+++ Recorded information +++

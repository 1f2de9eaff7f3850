// Durations in nanoseconds as frames, samples or seconds.
ghost use Rattle.std.specs.Prelude.{◌≡◌, ◌≤◌};
ghost use Rattle.grid.specs.Limits.{max_frame_rate, max_duration};
ghost use Rattle.grid.specs.Durations.{duration_ok, InFrames, InSamples, frames_num, frames_in, frames_ceil, frames_floor};
ghost use Rattle.grid.specs.Durations.{samples_floor, samples_in, seconds_of, frame_secs_of};

pub const NANOS_PER_SEC: u64 = 1_000_000_000;
// 24 hours.
pub const MAX_DURATION: u64 = 86_400_000_000_000;

// Test 7 of one duration.
pub fn duration_ok(nanos: u64) -> bool
    ensures { result ≡ duration_ok nanos }
{
    nanos <= MAX_DURATION
}

// The exact product of a duration and a frame rate: 24 hours times the highest one fits in 64 bits.
fn product(nanos: u64, frame_rate: u32) -> u64
    requires nanos_le_max_duration { nanos ≤ max_duration }
    requires frame_rate_le_max_frame_rate { frame_rate ≤ max_frame_rate }
    ensures { result ≡ frames_num frame_rate nanos }
{
    nanos * (frame_rate as u64)
}

// A duration in whole frames, rounded half up.
// Three functions, as the C interface has three names: each is one expression, and one over a rounding is no plainer.
pub fn frames_in(frame_rate: u32, hop: u32, nanos: u64) -> u64
    requires { InFrames frame_rate hop nanos }
    ensures { result ≡ frames_in frame_rate hop nanos }
{
    let den = (hop as u64) * NANOS_PER_SEC;
    (product(nanos, frame_rate) + den / 2) / den
}

// A duration in whole frames, rounded up.
pub fn frames_ceil(frame_rate: u32, hop: u32, nanos: u64) -> u64
    requires { InFrames frame_rate hop nanos }
    ensures { result ≡ frames_ceil frame_rate hop nanos }
{
    product(nanos, frame_rate).div_ceil((hop as u64) * NANOS_PER_SEC)
}

// A duration in whole frames, rounded down.
pub fn frames_floor(frame_rate: u32, hop: u32, nanos: u64) -> u64
    requires { InFrames frame_rate hop nanos }
    ensures { result ≡ frames_floor frame_rate hop nanos }
{
    product(nanos, frame_rate) / ((hop as u64) * NANOS_PER_SEC)
}

// A duration in whole samples, rounded down: those of its whole seconds and those of the rest.
// 24 hours times the highest sample rate does not fit in 64 bits; either part does.
pub fn samples_floor(sample_rate: u32, nanos: u64) -> u64
    requires { InSamples sample_rate nanos }
    ensures { result ≡ samples_floor sample_rate nanos }
{
    let rate = sample_rate as u64;
    let rest = (nanos % NANOS_PER_SEC) * rate / NANOS_PER_SEC;
    (nanos / NANOS_PER_SEC) * rate + rest
}

// A duration in samples as a float: the whole product is rounded, and then divided.
// Duration and rate are exact as floats, so that their product as floats is the whole product rounded once.
pub fn samples_in(sample_rate: u32, nanos: u64) -> f64
    requires { InSamples sample_rate nanos }
    ensures { result ≡ samples_in sample_rate nanos }
{
    (nanos as f64) * (sample_rate as f64) / (NANOS_PER_SEC as f64)
}

// A duration in seconds, as Rust's `Duration::as_secs_f64`.
pub fn as_secs_f64(nanos: u64) -> f64
    ensures { result ≡ seconds_of nanos }
{
    ((nanos / NANOS_PER_SEC) as f64) + ((nanos % NANOS_PER_SEC) as f64) / (NANOS_PER_SEC as f64)
}

// One frame in seconds.
pub fn frame_secs(frame_rate: u32, hop: u32) -> f64
    ensures { result ≡ frame_secs_of frame_rate hop }
{
    (hop as f64) / (frame_rate as f64)
}
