// The tests of a recording's input, refusals 1 to 6, and the chain of them. None touches work memory.
ghost use Rattle.std.specs.Prelude.{◌≡◌};
ghost use Rattle.grid.specs.Boundary.{Bounded};
ghost use Rattle.grid.specs.Validate.{is_up_to, rate_ok, channels_ok, frame_step_ok, frames_ok, level_count};
ghost use Rattle.grid.specs.Validate.{lists_ok, values_ok, length_ok, grid_of, validity_of, number_of};

use crate::boundary::FrameGrid;
use crate::readings::Readings;
use crate::{flags, values};

pub const MAX_RATE: u32 = 768_000;

pub const MAX_FRAME_RATE: u32 = 192_000;

pub const MAX_HOP: u32 = 1_048_576;

pub const MAX_FRAMES: usize = 1_048_576;

pub const MAX_LEN: u64 = 1_099_511_627_776;

// What the frame values of a recording measure.
#[derive(Clone, Copy)]
pub enum Domain {
    // Frame level in dBFS of the high-passed signal.
    Decibels,
    // Speech probability from 0 to 1.
    Scores,
}

// The numbers of a recording. Its readings are lent beside it.
#[derive(Clone, Copy)]
pub struct Recording {
    pub sample_rate: u32,
    pub channels: u16,
    pub frame_rate: u32,
    pub hop: u32,
    pub len: u64,
    pub domain: Domain,
}

// The first test that a recording fails.
#[derive(Clone, Copy, Debug, PartialEq, Eq)]
pub enum Refusal {
    BadSampleRate,
    NoChannels,
    BadFrames,
    BadLists,
    BadValue,
    NotCovered,
}

// Document 01's number for each case.
impl From<Refusal> for u32 {
    ghost from_gives = { λ r n. n ≡ number_of r };

    fn from(r: Refusal) -> u32 {
        match r {
            Refusal::BadSampleRate => 1,
            Refusal::NoChannels => 2,
            Refusal::BadFrames => 3,
            Refusal::BadLists => 4,
            Refusal::BadValue => 5,
            Refusal::NotCovered => 6,
        }
    }
}

// Whether x is above 0 and at most `most`.
pub fn is_up_to(x: u32, most: u32) -> bool
    ensures { result ≡ is_up_to x most }
{
    0 < x && x <= most
}

// Test 1.
pub fn rate_ok(sample_rate: u32) -> bool
    ensures { result ≡ rate_ok sample_rate }
{
    is_up_to(sample_rate, MAX_RATE)
}

// Test 2.
pub fn channels_ok(channels: u16) -> bool
    ensures { result ≡ channels_ok channels }
{
    0 < channels
}

// Test 3 of the frame rate and the hop alone.
pub fn frame_step_ok(frame_rate: u32, hop: u32) -> bool
    ensures { result ≡ frame_step_ok frame_rate hop }
{
    is_up_to(frame_rate, MAX_FRAME_RATE) && is_up_to(hop, MAX_HOP)
}

// Test 3.
pub fn frames_ok(sample_rate: u32, frame_rate: u32, hop: u32) -> bool
    ensures { result ≡ frames_ok sample_rate frame_rate hop }
{
    frame_step_ok(frame_rate, hop) && frame_rate as u64 <= (hop as u64) * (sample_rate as u64)
}

// How many levels go with so many frames.
pub fn level_count(domain: Domain, frames: usize) -> usize
    ensures { result ≡ level_count domain frames }
{
    match domain {
        Domain::Decibels => frames,
        Domain::Scores => 0,
    }
}

// Test 4.
pub fn lists_ok(domain: Domain, frames: usize, flags: usize, levels: usize) -> bool
    ensures { result ≡ lists_ok domain frames flags levels }
{
    frames <= MAX_FRAMES && flags == frames && levels == level_count(domain, frames)
}

// Test 5 for decibels.
fn decibels_ok(readings: &Readings) -> bool
    ensures { result
        ≡ values_ok Domain.Decibels readings.now.values.now readings.now.flags.now readings.now.levels.now }
{
    values::every(readings.values, f32::is_finite)
        && flags::are_flags(readings.flags)
        && values::every(readings.levels, f64::is_finite)
}

// Test 5.
pub fn values_ok(domain: Domain, readings: &Readings) -> bool
    ensures { result ≡ values_ok domain readings.now.values.now readings.now.flags.now readings.now.levels.now }
{
    match domain {
        Domain::Decibels => decibels_ok(readings),
        Domain::Scores => {
            values::every(readings.values, values::is_score) && flags::are_unflagged(readings.flags)
        }
    }
}

// Test 6.
pub fn length_ok(grid: FrameGrid) -> bool
    requires { Bounded grid }
    ensures { result ≡ length_ok grid }
{
    grid.len <= MAX_LEN && grid.covered()
}

impl Recording {
    // The frame grid, for this many frame values.
    pub fn grid(self, frames: usize) -> FrameGrid
        ensures { result ≡ grid_of self frames }
    {
        FrameGrid {
            sample_rate: self.sample_rate,
            frame_rate: self.frame_rate,
            hop: self.hop,
            len: self.len,
            frames,
        }
    }

    // The tests 1 to 6 in order.
    // A line for each test: `(test).then_some(()).ok_or(Refusal::..)?` in its place says the same in more words.
    pub fn validate(self, readings: &Readings) -> Result<(), Refusal>
        ensures { result ≡ validity_of self readings.now.values.now readings.now.flags.now readings.now.levels.now }
    {
        let frames = readings.values.len();
        if !rate_ok(self.sample_rate) {
            return Err(Refusal::BadSampleRate);
        }
        if !channels_ok(self.channels) {
            return Err(Refusal::NoChannels);
        }
        if !frames_ok(self.sample_rate, self.frame_rate, self.hop) {
            return Err(Refusal::BadFrames);
        }
        if !lists_ok(
            self.domain,
            frames,
            readings.flags.len(),
            readings.levels.len(),
        ) {
            return Err(Refusal::BadLists);
        }
        if !values_ok(self.domain, readings) {
            return Err(Refusal::BadValue);
        }
        if !length_ok(self.grid(frames)) {
            return Err(Refusal::NotCovered);
        }
        Ok(())
    }
}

+++

• [Assigned task]:
Every line that holds the word "whole" should be copied from the records above.

• [The answer]:
// A duration in whole frames, rounded half up.
// A duration in whole frames, rounded up.
// A duration in whole frames, rounded down.
// A duration in whole samples, rounded down: those of its whole seconds and those of the rest.
// A duration in samples as a float: the whole product is rounded, and then divided.
// Duration and rate are exact as floats, so that their product as floats is the whole product rounded once.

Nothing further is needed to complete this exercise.